Task brief: Give the listing again in full, matching it character for character.

Dataset entries:
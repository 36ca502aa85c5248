// When two rules are the same.
ghost use Rattle.std.specs.Prelude.{◌≡◌, Decides};
ghost use Rattle.rules.specs.Texts.{table_of};
ghost use Rattle.rules.specs.contracts.row.RowPartialEq.TheImpl as row;
ghost use Rattle.rules.specs.contracts.row.RowPartialEq.TheImpl.Laws as laws;
ghost use Rattle.std.specs.Cmp.{on_per};
ghost use Rattle.std.specs.Cmp.Lexicographic.{pointwise, lists_per};
ghost use Rattle.std.specs.Ordering.{on};

use crate::rule::Rule;

// Rules are the same if their rows are; nothing else of the text stays in one.
impl PartialEq for Rule {
    ghost eq = { on table_of (pointwise row.ghosts.eq) };

    ghost laws = { on_per table_of (lists_per laws.laws-law) };

    fn eq(&self, other: &Rule) -> bool
        ensures answer { result ≡ on table_of (pointwise row.ghosts.eq) self.now other.now }
        ensures same { Decides result (table_of self.now ≡ table_of other.now) }
    {
        self.rows() == other.rows()
    }
}
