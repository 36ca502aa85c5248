// Which row has another as its child.
ghost use Rattle.std.specs.Prelude.{◌≡◌};
ghost use Rattle.rules.specs.Parents.{FirstParent, Parent, has_child as is_its_child};
ghost use Rattle.rules.specs.Texts.{table_of};

use crate::row::Row;
use crate::rule::Rule;

fn has_child(row: Row, child: usize) -> bool
    ensures { result ≡ is_its_child row child }
{
    match row {
        Row::Test { .. } => false,
        Row::Not { child: only }
        | Row::Eventually { child: only, .. }
        | Row::Always { child: only, .. } => child == only,
        Row::And { left, right } | Row::Or { left, right } | Row::Until { left, right, .. } => {
            child == left || child == right
        }
    }
}

/// The first of any rows that has row `child` as its child, if one has.
pub fn parent_in(rows: &[Row], child: usize) -> Option<usize>
    ensures { FirstParent rows.now child result }
{
    rows.iter().position(|row| has_child(*row, child))
}

impl Rule {
    /// The row whose child the row is. The last row has none, and neither has a number that is no row's.
    pub fn parent(&self, row: usize) -> Option<usize>
        ensures { Parent (table_of self.now) row result }
    {
        parent_in(self.rows(), row)
    }
}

Your solution:
repository 36ca502aa85c5248
// When two rules are the same.
ghost use Rattle.std.specs.Prelude.{◌≡◌, Decides};
ghost use Rattle.rules.specs.Texts.{table_of};
ghost use Rattle.rules.specs.contracts.row.RowPartialEq.TheImpl as row;
ghost use Rattle.rules.specs.contracts.row.RowPartialEq.TheImpl.Laws as laws;
ghost use Rattle.std.specs.Cmp.{on_per};
ghost use Rattle.std.specs.Cmp.Lexicographic.{pointwise, lists_per};
ghost use Rattle.std.specs.Ordering.{on};

use crate::rule::Rule;

// Rules are the same if their rows are; nothing else of the text stays in one.
impl PartialEq for Rule {
    ghost eq = { on table_of (pointwise row.ghosts.eq) };

    ghost laws = { on_per table_of (lists_per laws.laws-law) };

    fn eq(&self, other: &Rule) -> bool
        ensures answer { result ≡ on table_of (pointwise row.ghosts.eq) self.now other.now }
        ensures same { Decides result (table_of self.now ≡ table_of other.now) }
    {
        self.rows() == other.rows()
    }
}
repository 36ca502aa85c5248
// Which row has another as its child.
ghost use Rattle.std.specs.Prelude.{◌≡◌};
ghost use Rattle.rules.specs.Parents.{FirstParent, Parent, has_child as is_its_child};
ghost use Rattle.rules.specs.Texts.{table_of};

use crate::row::Row;
use crate::rule::Rule;

fn has_child(row: Row, child: usize) -> bool
    ensures { result ≡ is_its_child row child }
{
    match row {
        Row::Test { .. } => false,
        Row::Not { child: only }
        | Row::Eventually { child: only, .. }
        | Row::Always { child: only, .. } => child == only,
        Row::And { left, right } | Row::Or { left, right } | Row::Until { left, right, .. } => {
            child == left || child == right
        }
    }
}

/// The first of any rows that has row `child` as its child, if one has.
pub fn parent_in(rows: &[Row], child: usize) -> Option<usize>
    ensures { FirstParent rows.now child result }
{
    rows.iter().position(|row| has_child(*row, child))
}

impl Rule {
    /// The row whose child the row is. The last row has none, and neither has a number that is no row's.
    pub fn parent(&self, row: usize) -> Option<usize>
        ensures { Parent (table_of self.now) row result }
    {
        parent_in(self.rows(), row)
    }
}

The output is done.